The Pittsfield Public Schools (Pittsfield or the District) requested that the matter proceed via virtual platform “given the hardship for all involved to attend in person whether the hearing is held in Pittsfield, Springfield or Malden.”
In addition, on December 13, 2024, Pittsfield filed a Motion to Dismiss on the grounds of mootness. Specifically, the District asserts that
“During the Pre-Hearing Conference, the District stated that it would erase the manifestation determination from the Student’s record, expunge his record of any markings of suspension from this incident, provide compensatory services for the five days that Parent kept Student out of school thinking he was suspended, and mark those absences as excused. In
addition, the District agreed to hold a Team meeting to discuss the concerns that Parent raised about Student’s IEP and services.”
According to Pittsfield, this “renders the Parent’s expedited hearing moot. There is no relief that the Hearing Officer can order which the District has not already offered. Additionally, while this matter was granted expedited status because the Parent claimed the Manifestation Determination was incorrect, there is no exigency related to the facts of this case. The Student is not suspended and is attending school regularly. There is no actual reason why this hearing needs to be done on an expedited [sic[ matter.” In response, Parent indicated via email that it is her “right to have a hearing.” Specifically, she stated that that “purpose of a hearing is for [her] to have an opportunity to voice [her] concerns and respond to everyone else’s statements.”
Neither party has requested a hearing on the motions. Because neither testimony nor oral argument would advance the Hearing Officer’s understanding of the issues involved, this Ruling is issued without a hearing, pursuant to Bureau of Special Education Appeals Hearing Rule VII(D).
For the reasons set forth below, Parent’s request for an in-person hearing is ALLOWED, in part. The District’s Motion to Dismiss is DENIED. The District’s request to remove the matter from the expedited track is also DENIED.
PROCEDURAL HISTORY AND RELEVANT FACTS:
For the purposes of this Motion, I must take as true the assertions set out in the Parent’s pleadings. [1]
Student is eligible for special education and related services. He is diagnosed with Attention Deficit Hyperactivity Disorder (ADHD) and a conduct disorder. On November 19, 2024, Student stated that another student was “cheating” because of her “ethnicity.” As a result, Student was suspended for five days. Following a manifestation determination review held on December 9, 2024, Student’s behavior was found not to be a manifestation of his disability.
Parent filed for due process on December 9, 2024, alleging that the behavior leading to the disciplinary action was a manifestation of Student’s disability and that the District failed to follow Student’s IEP. The matter was found to meet the standard for an expedited hearing. It was scheduled for hearing on December 24, 2024.
The matter was assigned to Hearing Officer Amy Reichbach but reassigned to the undersigned Hearing Officer on December 13, 2024 for administrative reasons. Via email communications dated 12/13/2024, the hearing was advanced to 12/19/2024.[2]

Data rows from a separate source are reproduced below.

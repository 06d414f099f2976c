//! Numbers by chance.

ghost use Rattle.std.specs.Prelude.{◌<◌};

/// The next of numbers below `below` that look like chance, and are the same in each run.
pub fn chance(state: &mut u64, below: u32) -> u32
    requires { 0 < below }
    ensures { result < below }
{
    *state = state
        .wrapping_mul(6_364_136_223_846_793_005)
        .wrapping_add(1_442_695_040_888_963_407);
    ((*state >> 33) % below as u64) as u32
}
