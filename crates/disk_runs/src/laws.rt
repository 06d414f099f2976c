//! What holds of runs. Each function carries laws as its contract, and changes nothing.

ghost use Rattle.disk_runs.specs.AnyDevice.{any_lines};
ghost use Rattle.disk_runs.specs.Laws.{AnsweredIsDurable, CleansEnd, CommandsAreFew, DriveIsDurable, LastIsFew};
ghost use Rattle.disk_runs.specs.Laws.{LinesKeepSize, ReadsKeepArray, RunIsDurable, RunKeepsShape, TurnsAreFew};
ghost use Rattle.disk_runs.specs.Taken.{disk_lines};

/// A run of which only the lines are taken that read leaves the array as it was.
pub fn reads_keep_array()
    ensures { ReadsKeepArray }
{}

/// Whatever lines a run is given, it takes no more commands than those lines may. A clean that runs ends by its C-th
/// turn, where a zone has C blocks, whatever lines fall between its turns.
pub fn runs_make_progress()
    // Each answered line takes so many commands at most, with its flush if one is due. Those of a line that mounts the
    // drive again are not counted.
    ensures commands { CommandsAreFew disk_lines }
    // So does the line that ends a run.
    ensures last { LastIsFew disk_lines }
    // The clean that runs has never more than C - 1 turns left.
    ensures few { TurnsAreFew }
    // Once lines have asked for as many turns as were left, there was a moment when no clean ran.
    ensures ends { CleansEnd }
{}

/// Over any device, whatever its Reads return, a run keeps the shape of the drive, and takes no more commands than its
/// lines may.
pub fn any_device_is_kept()
    // However the run ends.
    ensures shape { RunKeepsShape }
    // The size stays through lines that neither grow the disk nor mount the drive again.
    ensures size { LinesKeepSize }
    // Each answered line takes so many commands at most, with its flush if one is due. So does the line that ends a
    // run.
    ensures commands { CommandsAreFew any_lines }
    ensures last { LastIsFew any_lines }
{}

/// In a synced run a loss of power leaves the array after the last line that was answered, whenever it comes: it leaves
/// zones that the drive says, and a mount of them finds that array.
pub fn replied_is_durable()
    // Whatever lines were answered so far. If no flush was due, what was left before them may be left, too.
    ensures answered { AnsweredIsDurable }
    // So it is however the run ends. If the line that ended it was done, the array after that line may be left, too.
    ensures runs { RunIsDurable }
    // The same of the drive that was mounted for a run, and is given back.
    ensures drives { DriveIsDurable }
{}
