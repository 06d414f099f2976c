ghost use Rattle.std.specs.Prelude.{◌≡◌, ◌<◌};
ghost use Rattle.disk_runs.specs.Taken.{flushes, is_read, takes_call, unsynced};

use crate::requests::is_request;
use disk_files::TraceLine;

/// Which lines of a trace are taken, and how.
#[derive(Clone, Copy, Debug, PartialEq, Eq)]
pub enum Taking {
    /// All lines.
    All,
    /// Only those that read. Any other call is not done, and ends the run as a line that is not in the grammar does.
    Reads,
    /// All lines. After each that does not read the disk is flushed, and its reply waits for that.
    Synced,
}

/// Whether a line reads.
fn is_read(line: TraceLine) -> bool
    ensures { result ≡ is_read line }
{
    match line {
        TraceLine::Read { .. } => true,
        _ => false,
    }
}

impl Taking {
    /// What a run takes that is not synced: all lines, or only those that read.
    pub fn unsynced(only_reads: bool) -> Taking
        ensures { result ≡ unsynced only_reads }
    {
        if only_reads {
            Taking::Reads
        } else {
            Taking::All
        }
    }

    /// Whether a line with this data is taken, of a disk whose blocks have `block_bytes` bytes.
    pub(crate) fn takes(self, line: TraceLine, bytes: &[u8], block_bytes: usize) -> bool
        requires { 0 < block_bytes }
        ensures { result ≡ takes_call self block_bytes line bytes.now }
    {
        match self {
            Taking::All | Taking::Synced => is_request(line, bytes, block_bytes),
            Taking::Reads => is_read(line),
        }
    }

    /// Whether the disk is flushed after a line.
    pub(crate) fn flushes(self, line: TraceLine) -> bool
        ensures { result ≡ flushes self line }
    {
        match self {
            Taking::All | Taking::Reads => false,
            Taking::Synced => !is_read(line),
        }
    }
}
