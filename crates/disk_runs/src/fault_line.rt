ghost use Rattle.std.specs.Prelude.{◌≡◌, ◌++◌, IfErr, OnOk, codes};
ghost use Rattle.std.specs.Io.KnownBytes.{Appends};
ghost use Rattle.disk_runs.specs.FaultText.{NotWritten, block_text, cause_text, disk_refusal, run_fault_text};
ghost use Rattle.disk_runs.specs.FaultText.{geometry_refusal, line_text, log_refusal, mount_refusal, mount_text};
ghost use Rattle.disk_runs.specs.FaultText.{numbered, refusal_text, zone_text};

use crate::fault::RunFault;
use batch_log::LogFault;
use disk_files::write_out;
use std::alloc::{AllocError, Global};
use std::io::Write;
use zone_states::GeometryFault;
use zone_translator::{DiskFault, MountFault};

/// The number and the name of a disk's refusal.
fn disk_refusal(fault: DiskFault) -> (u8, &'static str)
    ensures number { result.0 ≡ (disk_refusal fault).number }
    ensures name { result.1.now ≡ (disk_refusal fault).name }
{
    match fault {
        DiskFault::OutOfRange => (1, "OutOfRange"),
        DiskFault::OutOfMemory => (2, "OutOfMemory"),
        DiskFault::Stopped => (3, "Stopped"),
        DiskFault::Spent => (4, "Spent"),
        DiskFault::Unmounted => (5, "Unmounted"),
        DiskFault::Smaller => (7, "Smaller"),
        DiskFault::Reserve => (8, "Reserve"),
        DiskFault::Damaged => (9, "Damaged"),
        DiskFault::Failed => (10, "Failed"),
    }
}

/// The number and the name of a mount's refusal.
fn mount_refusal(fault: MountFault) -> (u8, &'static str)
    ensures number { result.0 ≡ (mount_refusal fault).number }
    ensures name { result.1.now ≡ (mount_refusal fault).name }
{
    match fault {
        MountFault::Reserve => (1, "Reserve"),
        MountFault::Limits => (2, "Limits"),
        MountFault::ZoneUnusable(_) => (3, "ZoneUnusable"),
        MountFault::Log(_, _, _) => (4, "Log"),
        MountFault::SequenceRepeated => (5, "SequenceRepeated"),
        MountFault::BlockOutOfRange => (6, "BlockOutOfRange"),
        MountFault::TooManyPartial => (7, "TooManyPartial"),
        MountFault::NoSpare => (8, "NoSpare"),
        MountFault::Spent => (9, "Spent"),
        MountFault::Halted => (10, "Halted"),
        MountFault::OutOfMemory => (11, "OutOfMemory"),
        MountFault::TornZone(_) => (13, "TornZone"),
        MountFault::Damaged => (14, "Damaged"),
        MountFault::Failed => (15, "Failed"),
    }
}

/// The number and the name of the cause for which a zone holds no log.
fn log_refusal(fault: LogFault) -> (u8, &'static str)
    ensures number { result.0 ≡ (log_refusal fault).number }
    ensures name { result.1.now ≡ (log_refusal fault).name }
{
    match fault {
        LogFault::Magic => (1, "Magic"),
        LogFault::Version => (2, "Version"),
        LogFault::Kind => (3, "Kind"),
        LogFault::Count => (4, "Count"),
        LogFault::RestNotZero => (5, "RestNotZero"),
        LogFault::BlockRepeated => (6, "BlockRepeated"),
        LogFault::Torn => (7, "Torn"),
        LogFault::ForeignTail => (8, "ForeignTail"),
        LogFault::Size => (9, "Size"),
    }
}

/// The number and the name of a geometry's part that is out of range.
fn geometry_refusal(fault: GeometryFault) -> (u8, &'static str)
    ensures number { result.0 ≡ (geometry_refusal fault).number }
    ensures name { result.1.now ≡ (geometry_refusal fault).name }
{
    match fault {
        GeometryFault::Block => (1, "Block"),
        GeometryFault::Zones => (2, "Zones"),
        GeometryFault::Size => (3, "Size"),
        GeometryFault::Capacity => (4, "Capacity"),
        GeometryFault::Transfer => (5, "Transfer"),
        GeometryFault::Active => (6, "Active"),
        GeometryFault::Open => (7, "Open"),
    }
}

fn refusal_line(kind: &str, refusal: (u8, &str), out: &mut Vec<u8>) -> Result<(), AllocError>
    ensures { OnOk result (out.new.items ≡ out.old.items
        ++ refusal_text kind.now (numbered refusal.entry.0 refusal.entry.1.now)) }
{
    let (number, name) = refusal;
    writeln!(out, "fault {kind} {number} {name}").map_err(|_| AllocError)
}

fn numbered_line(kind: &str, number: u64, out: &mut Vec<u8>) -> Result<(), AllocError>
    ensures { OnOk result (out.new.items ≡ out.old.items ++ line_text kind.now number) }
{
    writeln!(out, "fault {kind} {number}").map_err(|_| AllocError)
}

/// The refusal of a mount, followed by the zone that it names.
fn zone_line(refusal: (u8, &str), zone: u32, out: &mut Vec<u8>) -> Result<(), AllocError>
    ensures { OnOk result (out.new.items ≡ out.old.items
        ++ zone_text (numbered refusal.entry.0 refusal.entry.1.now) zone) }
{
    let (number, name) = refusal;
    writeln!(out, "fault mount {number} {name} {zone}").map_err(|_| AllocError)
}

/// The refusal of a mount, followed by a zone and a block of it.
fn block_line(
    refusal: (u8, &str),
    zone: u32,
    offset: u32,
    out: &mut Vec<u8>,
) -> Result<(), AllocError>
    ensures { OnOk result (out.new.items ≡ out.old.items
        ++ block_text (numbered refusal.entry.0 refusal.entry.1.now) zone offset) }
{
    let (number, name) = refusal;
    write!(out, "fault mount {number} {name} {zone} {offset}").map_err(|_| AllocError)
}

/// The rest of a line, which names a cause.
fn cause_line(cause: (u8, &str), out: &mut Vec<u8>) -> Result<(), AllocError>
    ensures { OnOk result (out.new.items ≡ out.old.items
        ++ cause_text (numbered cause.entry.0 cause.entry.1.now)) }
{
    let (number, name) = cause;
    writeln!(out, " {number} {name}").map_err(|_| AllocError)
}

/// The refusal of a mount for a zone that holds no log.
fn log_line(
    refusal: (u8, &str),
    zone: u32,
    offset: u32,
    cause: LogFault,
    out: &mut Vec<u8>,
) -> Result<(), AllocError>
    ensures { OnOk result (out.new.items ≡ out.old.items
        ++ block_text (numbered refusal.entry.0 refusal.entry.1.now) zone offset ++ cause_text
        (log_refusal cause)) }
{
    block_line(refusal, zone, offset, out)?;
    cause_line(log_refusal(cause), out)?;
    Ok(())
}

fn mount_line(fault: MountFault, out: &mut Vec<u8>) -> Result<(), AllocError>
    ensures { OnOk result (out.new.items ≡ out.old.items ++ mount_text fault) }
{
    let refusal = mount_refusal(fault);
    match fault {
        MountFault::ZoneUnusable(zone) | MountFault::TornZone(zone) => {
            zone_line(refusal, zone, out)
        }
        MountFault::Log(zone, offset, cause) => { log_line(refusal, zone, offset, cause, out) }
        _ => refusal_line("mount", refusal, out),
    }
}

fn fault_line(fault: RunFault, out: &mut Vec<u8>) -> Result<(), AllocError>
    ensures { OnOk result (out.new.items ≡ out.old.items ++ run_fault_text fault) }
{
    match fault {
        RunFault::Line(number) => numbered_line("line", number, out),
        RunFault::Long(number) => numbered_line("long", number, out),
        RunFault::Disk(fault) => refusal_line("disk", disk_refusal(fault), out),
        RunFault::Mount(fault) => mount_line(fault, out),
        RunFault::Geometry(fault) => refusal_line("geometry", geometry_refusal(fault), out),
        RunFault::Input => out.extend_from_slice(b"fault input\n"),
        RunFault::Output => out.extend_from_slice(b"fault output\n"),
        RunFault::Memory => out.extend_from_slice(b"fault memory\n"),
    }
}

/// Writes the line of a fault. It is refused by `Output` where the writer fails, with a beginning of the
/// line written, and by `Memory` with nothing written.
pub fn write_fault<W: Write>(alloc: Global, fault: RunFault, writer: &mut W) -> Result<(), RunFault>
    ensures ok { OnOk result
        (Appends (W.contents writer.old) (W.contents writer.new) (run_fault_text fault)) }
    ensures err { IfErr result
        (NotWritten (W.contents writer.old) (W.contents writer.new) (run_fault_text fault)) }
{
    let mut line = Vec::new(alloc);
    fault_line(fault, &mut line)?;
    write_out(writer, &line)?;
    Ok(())
}
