ghost use Rattle.std.specs.Prelude.{◌≡◌};
ghost use Rattle.disk_runs.specs.Run.{line_fault};
ghost use Rattle.disk_runs.specs.declared.fault.RunFault.TheVariants.{Memory, Output};

use disk_files::{LineFault, WriteFault};
use std::alloc::AllocError;
use thiserror::Error;
use zone_states::GeometryFault;
use zone_translator::{DiskFault, MountFault};

/// Why a run ended before its lines did. As text it is the name of its variant; `write_fault` writes the
/// line that a program shows.
#[derive(Clone, Copy, Debug, PartialEq, Eq, Error)]
pub enum RunFault {
    /// The line of this number, counted from 1, is not in the grammar.
    #[error("Line")]
    Line(u64),
    /// The line of this number has more than `LONGEST_LINE` bytes.
    #[error("Long")]
    Long(u64),
    /// The disk refused a call, or the drive halted.
    #[error("Disk")]
    Disk(DiskFault),
    /// The drive was not mounted, at first or again.
    #[error("Mount")]
    Mount(MountFault),
    /// The geometry of the drive is out of range.
    #[error("Geometry")]
    Geometry(GeometryFault),
    /// The reader failed, or did not end.
    #[error("Input")]
    Input,
    /// The writer failed, or took no byte.
    #[error("Output")]
    Output,
    /// Memory ran out for a line or a reply. Nothing came of the line.
    #[error("Memory")]
    Memory,
}

impl From<AllocError> for RunFault {
    ghost from_gives = { λ _ fault. fault ≡ Memory };

    fn from(_error: AllocError) -> RunFault {
        RunFault::Memory
    }
}

impl From<WriteFault> for RunFault {
    ghost from_gives = { λ _ fault. fault ≡ Output };

    fn from(_fault: WriteFault) -> RunFault {
        RunFault::Output
    }
}

impl RunFault {
    /// What the fault of a line that was not read is to a run, by the line's number.
    pub(crate) fn of_line(fault: LineFault, number: u64) -> RunFault
        ensures { result ≡ line_fault number fault }
    {
        match fault {
            LineFault::Long => RunFault::Long(number),
            LineFault::Input => RunFault::Input,
            LineFault::Memory => RunFault::Memory,
        }
    }
}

LEGAL STANDARDS AND DISCUSSION:
- Pittsfield’s Request to Remove Matter from Expedited Track
- Legal Standard:
BSEA Hearing Rule II C states that hearings
“involving discipline are scheduled on an expedited timeline consistent with federal IDEA regulations. Expedited status will be granted:
- when a parent disagrees with a school district’s determination that the behavior leading to discipline was not a manifestation of the student’s disability; or
- when a parent disagrees with a school district’s decision regarding a student’s placement in the discipline context; or
- when a school district asserts that maintaining the current placement of the student during the pendency of due process proceedings is substantially likely to result in injury to the student or others.
- Application of Legal Standard:
The matter was granted expedited status on December 9, 2024. The District asserts that “Student is not suspended and is attending school regularly. There is no actual reason why this hearing needs to be done on an expedited [sic]matter.” Nevertheless, the matter clearly meets the standard for expedited status pursuant to BSEA Hearing Rule II C (a). As such, the matter remains on an expedited track, and the hearing will be held on December 19, 2024 per the agreement of the parties.

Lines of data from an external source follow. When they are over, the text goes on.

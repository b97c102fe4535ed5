// Whether what is lent with a table has the sizes that its geometry asks for.
#![tactic(auto)]

ghost use Rattle.std.specs.Prelude.{◌≡◌};
ghost use Rattle.refusals.specs.Numbers.{fault_of};
ghost use Rattle.sail.specs.Geometry.{Valid};
ghost use Rattle.sail.specs.Arrays.{lent_by};
ghost use Rattle.sail.specs.Sizes.{lengths_fit, SizesTold};

use refusals::Refusal;
use sail::arrays::Arrays;
use sail::geometry::Geometry;
use sail::table::Table;

// Whether the arrays have the lengths that the geometry asks for.
fn fits(g: Geometry, a: Arrays) -> bool
    requires { Valid g }
    ensures { result ≡ lengths_fit g (lent_by a.entry) }
{
    if a.list.len() % 8 != 0 {
        return false;
    }
    if 32768 < a.list.len() {
        return false;
    }
    if a.first.len() != g.first_cells() {
        return false;
    }
    if 4096 < a.own2.len() {
        return false;
    }
    if a.second.len() != a.own2.len() * g.second_chunk() {
        return false;
    }
    if 4096 < a.own3.len() {
        return false;
    }
    if a.third.len() != a.own3.len() * g.third_chunk() {
        return false;
    }
    if a.long1.len() != a.first.len() {
        return false;
    }
    a.long2.len() == a.second.len()
}

// 1 where the geometry is outside the limits, 2 where a lent array has another size than it asks for.
pub fn check_sizes(t: Table, a: Arrays) -> Result<(), Refusal>
    ensures { SizesTold (fault_of result) t.geometry (lent_by a.entry) }
{
    if !t.geometry.valid() {
        return Err(Refusal::Geometry);
    }
    if !fits(t.geometry, a) {
        return Err(Refusal::Size);
    }
    Ok(())
}
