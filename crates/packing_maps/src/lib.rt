// The answers of the calls on bit maps.
#![tactic(auto)]

ghost use Rattle.std.specs.Prelude.{[], ◌≡◌};
ghost use Rattle.basic.specs.Calls.{if_hop, pack_hop};
ghost use Rattle.numbered.specs.Numbers.{said_numbered};
ghost use Rattle.packing.specs.Pack.{pack_none};

use numbered::Numbered;
use packing::refused;

pub fn hop_found<E: Numbered>(a: Result<Option<u16>, E>) -> u64
    ensures { result ≡ pack_hop (said_numbered E.by_number if_hop a) }
{
    match a {
        Ok(hop) => u64::from(hop.unwrap_or(0)) * 65536,
        Err(e) => refused(e),
    }
}

pub fn answered<E: Numbered>(a: Result<(), E>) -> u64
    ensures { result ≡ pack_none (said_numbered E.by_number (λ _. []) a) }
{
    match a {
        Ok(()) => 0,
        Err(why) => refused(why),
    }
}
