// What an announcement by a party answers.
use pair::Pair;
use sail_announce::answers::Announce;

// A step on the party's side: the number of the refusal, or 0; then, whether the prefix stood; and the state.
#[derive(Clone, Copy)]
pub struct Turn {
    pub number: u8,
    pub stood: bool,
    pub state: Pair,
}

// The call: what it answers, and the state.
#[derive(Clone, Copy)]
pub struct PairAnnounced {
    pub answer: Announce,
    pub state: Pair,
}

- Parent’s Request for In-Person Hearing
- Legal Standard:
The BSEA began holding hearings via a virtual platform during the COVID-19 pandemic. There is no legal standard for determining whether hearings proceed in person, via a virtual platform, or in a hybrid format, except that the Hearing Officer considers the individual circumstances of the case and weighs the preferences of the parties, including the availability of witnesses.
- Application of Legal Standard:
Here, in response to Parent’s request for an in-person hearing, the Hearing Officer offered to hold the hearing in Worcester, Massachusetts. Parent agreed to said location, but the District requested to participate via a virtual platform. In response, Parent asked for a “fully” in person hearing. She argues that this is necessary for “a fair hearing.” As grounds thereof, she assets that remote hearings are subject to “unplanned and unintentional disruptions,” leave “room for people to misunderstand body language or facial expressions,” are susceptible to technological issues, and allow participants to “email or text each other, or other parties during the hearing.”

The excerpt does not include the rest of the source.